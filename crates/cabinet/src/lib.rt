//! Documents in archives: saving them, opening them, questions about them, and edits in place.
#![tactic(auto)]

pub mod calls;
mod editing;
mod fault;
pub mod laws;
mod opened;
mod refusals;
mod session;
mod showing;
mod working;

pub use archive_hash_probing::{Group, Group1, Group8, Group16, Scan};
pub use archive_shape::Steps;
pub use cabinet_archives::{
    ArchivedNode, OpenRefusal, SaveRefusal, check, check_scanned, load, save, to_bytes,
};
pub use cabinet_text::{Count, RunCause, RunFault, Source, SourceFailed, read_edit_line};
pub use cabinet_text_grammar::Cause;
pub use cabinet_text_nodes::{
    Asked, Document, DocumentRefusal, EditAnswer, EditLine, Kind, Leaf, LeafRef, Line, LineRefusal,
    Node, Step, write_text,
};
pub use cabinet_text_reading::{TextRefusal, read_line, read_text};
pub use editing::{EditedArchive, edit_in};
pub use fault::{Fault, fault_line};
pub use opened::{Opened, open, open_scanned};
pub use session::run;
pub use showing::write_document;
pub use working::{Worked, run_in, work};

■ **Directions**: The reply should hold only the lines from the top of the records through the line that has "pub use archive_shape::Steps;", each one exact.

■ **Answer for the task**:
filename crates/cabinet/src/lib.rt
//! Documents in archives: saving them, opening them, questions about them, and edits in place.
#![tactic(auto)]

pub mod calls;
mod editing;
mod fault;
pub mod laws;
mod opened;
mod refusals;
mod session;
mod showing;
mod working;

pub use archive_hash_probing::{Group, Group1, Group8, Group16, Scan};
pub use archive_shape::Steps;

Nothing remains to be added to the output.